- BRIEF
The entries below contain a stretch that opens with the line containing "pub struct Judged<J: Judge>" and closes with the line containing "match judge.begin(alloc, handle, generation, request)?"; set down that stretch exactly, both ends included, and nothing else.

[Entries taken from a collection]
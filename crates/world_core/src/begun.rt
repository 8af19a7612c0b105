use sec_ast::{LogLine, Verdict};
use waf_plain::Seq;

/// What judging a request comes to, with the lines that it logged. `H` is the request's half of a judgement.
#[derive(Drop)]
pub enum JudgeBegun<H> {
    /// A rule interrupted, or the request's body is too long. The transaction is over, and its logging
    /// phase is among the lines.
    Interrupted {
        verdict: Verdict,
        lines: Seq<LogLine>,
    },
    Goes {
        half: H,
        lines: Seq<LogLine>,
    },
}
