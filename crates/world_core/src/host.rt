//! The tables, as the host of a connection.
use crate::begun::JudgeBegun;
use crate::judge::Judge;
use crate::judged::{self, Judged};
use crate::rules::SharedRules;
use crate::tables::Tables;
use conn_core::{BegunAnswer, EndedAnswer, EntryAnswer, LookAnswer, Seen, Settings};
use conn_loop::Host;
use hall_core::{Claim, Entry, Key, Ticket};
use shelf::Look;
use waf_plain::NoMemory;
use web_parts::{Request, Response};

impl<J: Judge> Host<SharedRules, Judged<J>, Ticket> for Tables<J> {
    ghost use Rattle.std.specs.Arc.{arc_value};
    ghost use Rattle.world_core.specs.Serving.{Serves, SharedDesk, desk_of};
    ghost use Rattle.world_core.specs.Standing.{Runs};

    ghost Desk = { SharedDesk };

    ghost desk = { desk_of };

    ghost Fixed = { Unit {0} };

    ghost fixed = { λ tables. tt };

    ghost ready = { λ tables. Unit {0} };

    ghost serves = { Serves arc_value };

    ghost holds = { λ desk ticket. Runs desk.halls ticket };

    fn look(&mut self, app: &[u8]) -> LookAnswer<SharedRules> {
        match self.shelf.look(app) {
            Look::Found {
                generation,
                rules,
                settings,
            } => LookAnswer::Found {
                rules: SharedRules {
                    generation,
                    handle: rules,
                },
                settings: Settings {
                    responses: settings.responses,
                    life: settings.life,
                },
            },
            Look::UnknownApp { .. } => LookAnswer::UnknownApp,
            Look::NoMemory => {
                self.starved = true;
                LookAnswer::NoMemory
            }
        }
    }

    fn enter(&mut self, key: Key) -> EntryAnswer<Ticket> {
        match self.shards.enter(key) {
            Entry::Entered(ticket) => EntryAnswer::Entered(ticket),
            Entry::IdInUse(_) => EntryAnswer::IdInUse,
            Entry::Full(_) => EntryAnswer::Full,
            Entry::Worn(_) => EntryAnswer::Worn,
        }
    }

    fn begin(&mut self, rules: SharedRules, request: Request) -> BegunAnswer<Judged<J>> {
        match judged::begin(&self.judge, self.alloc, rules, request) {
            Ok(JudgeBegun::Interrupted { verdict, lines }) => {
                self.seen = Seen::Lines(lines);
                BegunAnswer::Interrupted(verdict)
            }
            Ok(JudgeBegun::Goes { half, lines }) => {
                self.seen = Seen::Lines(lines);
                BegunAnswer::Goes(half)
            }
            Err(NoMemory) => {
                self.starved = true;
                BegunAnswer::NoMemory
            }
        }
    }

    fn park(&mut self, ticket: Ticket, life: u64, half: Judged<J>) {
        let deadline = self.moment.saturating_add(life);
        self.shards.park(ticket, deadline, half);
    }

    fn leave(&mut self, ticket: Ticket) {
        self.shards.leave(ticket);
    }

    fn resume(&mut self, key: Key) -> Option<Judged<J>> {
        match self.shards.resume(&key) {
            Claim::Resumed { value, .. } => Some(value),
            Claim::NotParked => None,
        }
    }

    fn finish(&mut self, half: Judged<J>, response: Response) -> EndedAnswer {
        match judged::finish(&self.judge, self.alloc, half, response) {
            Ok(ended) => {
                self.seen = Seen::Lines(ended.lines);
                EndedAnswer::Verdict(ended.verdict)
            }
            Err(NoMemory) => {
                self.starved = true;
                EndedAnswer::NoMemory
            }
        }
    }

    fn retire(&mut self, half: Judged<J>) -> bool {
        match judged::retire(&self.judge, self.alloc, half) {
            Ok(lines) => {
                self.seen = Seen::Lines(lines);
                true
            }
            Err(NoMemory) => false,
        }
    }

    fn written(&mut self) {}
}
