//! Several connections over one list of applications and one table of transactions, step by step.
//!
//! ```text
//! let mut world = World::<Halves>::new(alloc, Halves {}, size, shards, capacity, apps)?;
//! world.step(Step::Open(1))?;
//! world.step(Step::Feed(1, bytes))?;
//! while world.needs(1) != Need::Bytes {
//!     let seen = world.step(Step::Act(1))?;
//! }
//! ```
//!
//! Which steps there are is `Step`; what each does and shows is `Steps` in `specs/Steps.antt`, whatever
//! judges: `Halves`, or the plain and slow `Slowly`. When the connections stand for a state of that
//! definition is `StandsFor` in `specs/Standing.antt`.
#![tactic(auto)]

mod act;
mod begun;
mod halves;
mod host;
mod judge;
mod judged;
mod laws;
mod opening;
mod peers;
mod rules;
mod shards;
mod slowly;
mod step;
mod tables;
mod turns;
mod world;

pub use begun::JudgeBegun;
pub use halves::Halves;
pub use judge::Judge;
pub use laws::{outputs_are_of_needs, runs_keep_apart, tickets_stay_with_rows};
pub use rules::Handle;
pub use slowly::Slowly;
pub use step::Step;
pub use world::World;
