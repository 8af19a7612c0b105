//! What holds of every run.
ghost use Rattle.sec_ast.specs.declared.listing.Listing.{Listing};
ghost use Rattle.world_core.specs.Promised.{OthersStay, OutputIsOfNeeds, ShardsAreLegal, TicketsStay};

/// A step of one connection, of the clock, of a shard or of the applications leaves every other
/// connection as it was. What a shard goes through is a legal history of it.
pub fn runs_keep_apart<R>()
    ensures others { (listing_of : R → Listing) → OthersStay listing_of }
    ensures shards { (listing_of : R → Listing) → ShardsAreLegal listing_of }
{}

/// What is shown as written on a connection is what the needs wrote that it has met, in their order.
pub fn outputs_are_of_needs<R>()
    ensures { (listing_of : R → Listing) → OutputIsOfNeeds listing_of }
{}

/// In each shard as many rows run under a number as connections hold tickets of it: each step keeps that. So the
/// ticket of a connection can always be parked or left.
pub fn tickets_stay_with_rows<R>()
    ensures { (listing_of : R → Listing) → TicketsStay listing_of }
{}
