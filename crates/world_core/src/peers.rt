//! One connection among several.
ghost use Rattle.std.specs.Prelude.{◌≡◌, false, IfOk, OnOk, position};
ghost use Rattle.conn_core.specs.declared.seen.Seen.{Seen};
ghost use Rattle.world_core.specs.Standing.{Becomes, is_numbered, IsWhole};
ghost use Rattle.world_core.specs.World.{sent, shut};

use crate::judge::Judge;
use crate::judged::Judged;
use crate::rules::SharedRules;
use conn_core::{Conn, Need, Seen};
use hall_core::Ticket;
use waf_plain::NoMemory;

/// A connection that judges by `J`.
pub type Talk<J> = Conn<SharedRules, Judged<J>, Ticket>;

/// A connection with its number. `P` is a request that was judged.
#[derive(Drop)]
pub struct Connection<P> {
    pub number: u32,
    pub conn: Conn<SharedRules, P, Ticket>,
}

/// The place of the connection with this number.
pub fn place_of<J: Judge>(peers: &[Connection<Judged<J>>], number: u32) -> Option<usize>
    ensures { result ≡ position (is_numbered number) peers.now }
{
    peers.iter().position(|peer| peer.number == number)
}

/// A piece of its input comes.
pub fn hear<J: Judge>(conn: &mut Talk<J>, piece: &[u8]) -> Result<Seen, NoMemory>
    requires { IsWhole conn.old }
    ensures { IfOk result (λ seen. (seen ≡ Seen.Nothing) × Becomes conn.old conn.new (sent piece.now)) }
{
    if conn.need() == Need::Close {
        return Ok(Seen::Nothing);
    }
    conn.feed(piece);
    if conn.broken() {
        return Err(NoMemory);
    }
    Ok(Seen::Nothing)
}

/// Its input has ended.
pub fn hear_end<J: Judge>(conn: &mut Talk<J>) -> Result<Seen, NoMemory>
    requires { IsWhole conn.old }
    ensures { IfOk result (λ seen. (seen ≡ Seen.Nothing) × Becomes conn.old conn.new shut) }
{
    if conn.need() == Need::Close {
        return Ok(Seen::Nothing);
    }
    conn.end();
    if conn.broken() {
        return Err(NoMemory);
    }
    Ok(Seen::Nothing)
}
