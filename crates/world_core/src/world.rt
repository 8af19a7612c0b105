//! Several connections, with what they share.
use crate::judge::Judge;
use crate::judged::Judged;
use crate::peers::Connection;
use crate::tables::Tables;
use std::marker::Model;

/// Several connections over one list of applications in force and one table of transactions, with a
/// clock that goes on by steps.
#[derive(Drop)]
pub struct World<J: Judge> {
    pub(crate) size: u32,
    pub(crate) tables: Tables<J>,
    pub(crate) peers: Vec<Connection<Judged<J>>>,
}

impl<J: Judge> Model for World<J> {
    ghost use Rattle.world_core.specs.Standing.{SharedView};

    ghost Value = { SharedView };

    ghost view = { λ w. record {
      size = w.size;
      shelf = w.tables.shelf;
      halls = w.tables.shards;
      moment = w.tables.moment;
      peers = w.peers.items;
    } };
}
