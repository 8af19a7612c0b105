//! What the connections share: the applications in force, the shards of the table, and the clock.
use crate::judge::Judge;
use crate::rules::Handle;
use crate::shards::Shards;
use conn_core::Seen;
use shelf::Shelf;
use std::alloc::Global;

#[derive(Drop)]
pub struct Tables<J: Judge> {
    pub judge: J,
    pub alloc: Global,
    pub shelf: Shelf<Handle>,
    pub shards: Shards<J>,
    pub moment: u64,
    /// What the last need shows.
    pub seen: Seen,
    /// There was no memory for it.
    pub starved: bool,
}
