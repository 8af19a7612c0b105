//! The half of a judge, as the table and the connections hold it: it is seen in the same way for every judge.
ghost use Rattle.std.specs.Prelude.{IfOk};
ghost use Rattle.tx_core.specs.Halves.{BeginsAs, EndsAs, RetiresAs};
ghost use Rattle.world_core.specs.Begun.{begun_of};

use crate::begun::JudgeBegun;
use crate::judge::Judge;
use crate::rules::SharedRules;
use sec_ast::LogLine;
use std::alloc::Global;
use std::marker::Model;
use tx_core::Ended;
use waf_plain::{NoMemory, Seq};
use web_parts::{Request, Response};

/// A transaction whose request was judged and not interrupted.
#[derive(Drop)]
pub struct Judged<J: Judge> {
    half: J::Half,
}

impl<J: Judge> Model for Judged<J> {
    ghost use Rattle.tx_core.specs.HalfView.{HalfView};

    ghost Value = { HalfView };

    ghost view = { λ judged. J.half judged.half };
}

/// Judges a request.
pub fn begin<J: Judge>(
    judge: &J,
    alloc: Global,
    rules: SharedRules,
    request: Request,
) -> Result<JudgeBegun<Judged<J>>, NoMemory>
    ensures { IfOk result (λ begun. BeginsAs rules.1 rules.0 request (begun_of begun)) }
{
    let SharedRules { generation, handle } = rules;
    match judge.begin(alloc, handle, generation, request)? {
        JudgeBegun::Interrupted { verdict, lines } => {
            Ok(JudgeBegun::Interrupted { verdict, lines })
        }
        JudgeBegun::Goes { half, lines } => Ok(JudgeBegun::Goes {
            half: Judged { half },
            lines,
        }),
    }
}

/// Judges a response.
pub fn finish<J: Judge>(
    judge: &J,
    alloc: Global,
    judged: Judged<J>,
    response: Response,
) -> Result<Ended, NoMemory>
    ensures { IfOk result (λ ended. EndsAs judged response ended) }
{
    judge.finish(alloc, judged.half, response)
}

/// Ends a request for which no response comes.
pub fn retire<J: Judge>(
    judge: &J,
    alloc: Global,
    judged: Judged<J>,
) -> Result<Seq<LogLine>, NoMemory>
    ensures { IfOk result (λ lines. RetiresAs judged lines) }
{
    judge.retire(alloc, judged.half)
}
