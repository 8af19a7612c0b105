//! How it begins, and what a connection needs.
ghost use Rattle.std.specs.Prelude.{◌<◌, IfOk};
ghost use Rattle.world_core.specs.Standing.{IsOpen, NeedsA, Opens};

use crate::judge::Judge;
use crate::peers::place_of;
use crate::rules::Handle;
use crate::shards::Shards;
use crate::tables::Tables;
use crate::world::World;
use conn_core::{Need, Seen};
use shelf::{Apps, Shelf};
use std::alloc::Global;
use waf_plain::NoMemory;

impl<J: Judge> World<J> {
    /// Without connections, at moment 0, with these applications in force as generation 1, and so many
    /// shards of so many rows each. Connections offer frames of that size.
    pub fn new(
        alloc: Global,
        judge: J,
        size: u32,
        shards: u32,
        capacity: u32,
        apps: Apps<Handle>,
    ) -> Result<World<J>, NoMemory>
        requires { 0 < shards }
        ensures { IfOk result (λ world. Opens size shards capacity apps world) }
    {
        let shards = Shards::new(alloc, shards, capacity)?;
        Ok(World {
            size,
            tables: Tables {
                judge,
                alloc,
                shelf: Shelf::new(apps),
                shards,
                moment: 0,
                seen: Seen::Nothing,
                starved: false,
            },
            peers: Vec::new(alloc),
        })
    }

    /// What a connection needs next, by its number.
    pub fn needs(&self, number: u32) -> Need
        requires { IsOpen self.now number }
        ensures { NeedsA self.now number result }
    {
        match place_of(&self.peers, number) {
            Some(place) => self.peers[place].conn.need(),
            None => unreachable!(),
        }
    }
}
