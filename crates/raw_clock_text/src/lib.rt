//! The text of the clock of a set: how many cycles it has, how each processor spent them, for which wires it waited, and
//! how many values passed on each wire.
//!
//! It stands apart from `raw_clock`, which needs no sink and no report: these lines begin as a report does. No call takes
//! memory.
#![tactic(auto)]

mod counted;
mod lines;
mod parts;
mod waits;
mod writing;

pub use lines::cycles_line;
pub use writing::{write_cycles, write_spending, write_waiting};
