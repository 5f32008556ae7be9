//! A queue with its two ends.
ghost use Rattle.std.specs.Prelude.{◌≡◌};

use raw_queue::{PutEnd, Queue, TakeEnd};

/// A queue with its two ends.
pub(crate) struct Channel {
    pub(crate) queue: Queue,
    pub(crate) put: PutEnd,
    pub(crate) take: TakeEnd,
    ghost put_there: { put.queue ≡ queue },
    ghost taken_there: { take.queue ≡ queue },
}
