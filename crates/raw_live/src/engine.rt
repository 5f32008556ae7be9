//! The engine: each word that comes is fed to the machine, which then runs to rest, and what its sinks have more is
//! handed on.
//!
//! After each word the engine takes up to 65,536 steps on its own thread. Only a machine that is not at rest then goes
//! to `work`: by N workers in each round with `--workers N`, else by as many as help, at most four. Most words need a
//! few steps, and threads that begin for each of them take far longer than those. The grid is at rest before the next
//! word is fed, whoever ran it, and what a sink has more is handed on once, at that rest: so no word is written twice
//! where both had a part.
//!
//! The engine keeps the parts of its machine, since a word changes the set that a machine borrows. The machine is made
//! of them and taken apart once for each word. That moves vectors and copies none of them; what the grid alone decides
//! is made once and kept in the parts.
ghost use Rattle.std.specs.Prelude.{◌≡◌, [], IfOk, OnOk, OnErr, slice_index};
ghost use Rattle.raw_grid.specs.Topology.{proc_count};
ghost use Rattle.raw_model.specs.Program.{IsSet};
ghost use Rattle.raw_model.specs.Rest.{IsQuiet};
ghost use Rattle.raw_model.specs.MoreWords.{AreAlikeButMoreWords};
ghost use Rattle.raw_serial.specs.Leading.{Leads};
ghost use Rattle.raw_serial.specs.Taken.{made_of, IsWhole};
ghost use Rattle.raw_live.specs.Engine.{got_at, with_put, AreAtRest, PutsItems};
ghost use Rattle.raw_live.specs.Due.{rest_of, words_behind, new_words};
ghost use Rattle.raw_live.specs.Running.{FedWith, Starts, HasSentSome, Rests, RunsAs, EndedAs, Runs};

use crate::fed::Fed;
use crate::sending::put_all_new;
use crate::writer::Finish;
use raw_model::Set;
use raw_queue::{Item, Sender};
use raw_serial::{Machine, Parts};
use raw_workers::{Gate, Parallelism, work};
use std::alloc::{AllocError, Global};
use std::mem;
use std::rt::Clock;
use std::sync::Wait;
use std::thread::Threads;

// How many steps the engine takes by itself after a word. A word mostly needs far fewer; where workers in threads have a
// part, so many steps take about as long as their threads need to begin.
const STEPS_ALONE: u64 = 1 << 16;

/// A set, the parts of its machine, and of each processor how many of its words were handed on.
#[derive(Drop)]
pub struct Engine {
    pub(crate) set: Set,
    pub(crate) parts: Parts,
    pub(crate) sent: Vec<usize>,
}

/// Who runs a machine that a word keeps going for long, and who is told of its steps on a fabric.
#[derive(Drop)]
pub struct Runner<'g, G> {
    /// By how many workers.
    pub parallelism: Parallelism,
    /// Who is told.
    pub gate: &'g G,
}

// A machine without parts, which stands for none.
fn no_parts(alloc: Global) -> Parts {
    Parts {
        ends: Vec::new(alloc),
        processors: Vec::new(alloc),
        wires: Vec::new(alloc),
    }
}

// Runs a machine to rest: so many steps on this thread, and where it goes on then, by workers.
fn run_to_rest<'s, R: Threads + Clock + Sync, G: Gate>(
    rt: &R,
    alloc: Global,
    machine: Machine<'s>,
    runner: &Runner<'_, G>,
) -> Machine<'s>
    ensures set { result.set ≡ machine.entry.set }
    ensures quiet { IsQuiet result.set result.state }
    ensures led { Leads machine.entry.set machine.entry.state result.state }
{
    let mut machine = machine;
    if machine.run_for(STEPS_ALONE).rests {
        return machine;
    }
    work(rt, alloc, machine, runner.parallelism, runner.gate)
}

// Runs the machine to rest.
fn settle<R: Threads + Clock + Sync, G: Gate>(
    rt: &R,
    alloc: Global,
    engine: &mut Engine,
    runner: &Runner<'_, G>,
)
    requires whole { IsWhole engine.old.set engine.old.parts }
    ensures set { engine.new.set ≡ engine.old.set }
    ensures sent { engine.new.sent ≡ engine.old.sent }
    ensures rest { AreAtRest engine.new.set engine.new.parts }
    ensures led { Leads engine.old.set
        (made_of engine.old.set engine.old.parts).state
        (made_of engine.new.set engine.new.parts).state }
{
    let parts = mem::replace(&mut engine.parts, no_parts(alloc));
    let machine = Machine::from_parts(&engine.set, parts);
    let machine = run_to_rest(rt, alloc, machine, runner);
    engine.parts = machine.into_parts();
}

// How many processors the grid of a set has.
fn procs_of(set: &Set) -> u32
    ensures value { result ≡ proc_count set.now.topo }
    ensures valid { IsSet set.now }
{
    set.topo.procs()
}

// Gives the source that is the port with this processor number a word more.
fn give(set: &mut Set, port: u32, word: u32) -> Result<(), AllocError>
    ensures added { OnOk result (set.new ≡ with_put set.old port word) }
    ensures more { OnOk result (AreAlikeButMoreWords set.old set.new) }
    ensures memory { OnErr result (set.new ≡ set.old) }
{
    let first = 2 * set.topo.tiles();
    match set.add_word(port.saturating_sub(first), word) {
        Ok(()) => Ok(()),
        Err(_) => Err(AllocError),
    }
}

// Gives a source a word more, and runs the machine to rest.
fn feed<R: Threads + Clock + Sync, G: Gate>(
    rt: &R,
    alloc: Global,
    engine: &mut Engine,
    port: u32,
    word: u32,
    runner: &Runner<'_, G>,
) -> Result<(), AllocError>
    requires whole { IsWhole engine.old.set engine.old.parts }
    ensures fed { OnOk result (FedWith engine.old engine.new port word) }
    ensures memory { OnErr result (engine.new ≡ engine.old) }
{
    if let Err(memory) = give(&mut engine.set, port, word) {
        return Err(memory);
    }
    settle(rt, alloc, engine, runner);
    Ok(())
}

// Hands on what the sinks have more.
fn hand_on<R: Wait>(rt: &R, to: &mut Sender<'_>, engine: &mut Engine) -> Result<(), AllocError>
    requires sent { HasSentSome engine.old }
    ensures queue { to.new.queue ≡ to.old.queue }
    ensures same { (engine.new.set ≡ engine.old.set) × (engine.new.parts ≡ engine.old.parts) }
    ensures items { PutsItems
        (words_behind (proc_count engine.old.set.topo) (λ p. slice_index engine.old.sent.items p) (got_at (rest_of engine.old.set)))
        to.old.items to.new.items result }
    ensures rests { OnOk result (Rests engine.new) }
{
    let procs = procs_of(&engine.set);
    put_all_new(rt, to, procs, &engine.parts.processors, &mut engine.sent)
}

// Feeds a word, and hands on what the sinks then have more.
fn step<R: Threads + Clock + Wait + Sync, G: Gate>(
    rt: &R,
    alloc: Global,
    port: u32,
    word: u32,
    to: &mut Sender<'_>,
    engine: &mut Engine,
    runner: &Runner<'_, G>,
) -> Result<(), AllocError>
    requires rests { Rests engine.old }
    ensures queue { to.new.queue ≡ to.old.queue }
    ensures set { OnOk result (engine.new.set ≡ with_put engine.old.set port word) }
    ensures items { PutsItems (new_words engine.old.set (with_put engine.old.set port word)) to.old.items to.new.items result }
    ensures rests { OnOk result (Rests engine.new) }
{
    if let Err(memory) = feed(rt, alloc, engine, port, word, runner) {
        return Err(memory);
    }
    hand_on(rt, to, engine)
}

// Runs the machine to rest, and then feeds it each word that comes, up to the end.
fn run_words<R: Threads + Clock + Wait + Sync, G: Gate>(
    rt: &R,
    alloc: Global,
    words_in: &mut Fed<'_>,
    words_out: &mut Sender<'_>,
    engine: &mut Engine,
    runner: &Runner<'_, G>,
) -> Result<Finish, AllocError>
    requires fresh { (words_in.old.items ≡ []) × (words_out.old.items ≡ []) }
    requires starts { Starts engine.old }
    ensures queues { (words_in.new.queue ≡ words_in.old.queue) × (words_out.new.queue ≡ words_out.old.queue) }
    ensures ran { RunsAs engine.old.set engine.new words_in.new.items words_out.new.items result }
{
    settle(rt, alloc, engine, runner);
    if let Err(memory) = hand_on(rt, words_out, engine) {
        return Err(memory);
    }
    for _ in rt.forever() {
        match words_in.take_due(rt, words_out, engine) {
            None => return Ok(Finish::HungUp),
            Some(Item::End) => return Ok(Finish::Ended),
            Some(Item::Word { port, word }) => {
                if let Err(memory) = step(rt, alloc, port, word, words_out, engine, runner) {
                    return Err(memory);
                }
            }
        }
    }
    unreachable!()
}

// Puts the end where it was taken, and memory is there for it.
fn put_end<R: Wait>(
    rt: &R,
    to: &mut Sender<'_>,
    ran: Result<Finish, AllocError>,
) -> Result<Finish, AllocError>
    ensures queue { to.new.queue ≡ to.old.queue }
    ensures ended { EndedAs to.old.items to.new.items ran result }
{
    if ran == Ok(Finish::Ended) && to.put(rt, Item::End).is_err() {
        return Err(AllocError);
    }
    ran
}

/// Feeds the machine each word that comes, one at a time, and hands on what its sinks then have more, up to the end,
/// which it hands on too. Then it hangs its queue up. It takes no word before all that is due of the words before it was
/// handed on (`Fed::take_due`).
///
/// A word for a port that is no source, or past the limit of words, is answered as want of memory.
pub fn run<R: Threads + Clock + Wait + Sync, G: Gate>(
    rt: &R,
    alloc: Global,
    words_in: &mut Fed<'_>,
    words_out: &mut Sender<'_>,
    engine: &mut Engine,
    runner: &Runner<'_, G>,
) -> Result<Finish, AllocError>
    requires fresh { (words_in.old.items ≡ []) × (words_out.old.items ≡ []) }
    requires starts { Starts engine.old }
    ensures queues { (words_in.new.queue ≡ words_in.old.queue) × (words_out.new.queue ≡ words_out.old.queue) }
    ensures ran { Runs engine.old.set engine.new words_in.new.items words_out.new.items result }
{
    let ran = run_words(rt, alloc, words_in, words_out, engine, runner);
    let ended = put_end(rt, words_out, ran);
    words_out.hang_up();
    ended
}

impl Engine {
    /// The machine of a set before it has done anything.
    pub fn open(alloc: Global, set: Set) -> Result<Engine, AllocError>
        ensures { IfOk result (λ engine. (engine.set ≡ set) × Starts engine) }
    {
        let machine = Machine::open(alloc, &set)?;
        let parts = machine.into_parts();
        let sent = vec![in alloc; 0; parts.processors.len()]?;
        Ok(Engine { set, parts, sent })
    }
}
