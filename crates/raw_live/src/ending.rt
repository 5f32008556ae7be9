//! The last line of live output, which says how the grid came to rest.
ghost use Rattle.std.specs.Prelude.{◌≡◌};
ghost use Rattle.raw_live.specs.Ending.{rest_text};

use raw_model::Ending;
use raw_state_text::Line;

/// The last line of live output.
pub fn rest_line(ending: Ending) -> Line
    ensures { result ≡ rest_text ending }
{
    let mut line = Line::new();
    line.push_text(b"rest ");
    line.push_text(ending.word());
    line.push_text(b"\n");
    line
}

- FINAL ANSWER
pub struct Judged<J: Judge> {
    half: J::Half,
}

impl<J: Judge> Model for Judged<J> {
    ghost use Rattle.tx_core.specs.HalfView.{HalfView};

    ghost Value = { HalfView };

    ghost view = { λ judged. J.half judged.half };
}

/// Judges a request.
pub fn begin<J: Judge>(
    judge: &J,
    alloc: Global,
    rules: SharedRules,
    request: Request,
) -> Result<JudgeBegun<Judged<J>>, NoMemory>
    ensures { IfOk result (λ begun. BeginsAs rules.1 rules.0 request (begun_of begun)) }
{
    let SharedRules { generation, handle } = rules;
    match judge.begin(alloc, handle, generation, request)? {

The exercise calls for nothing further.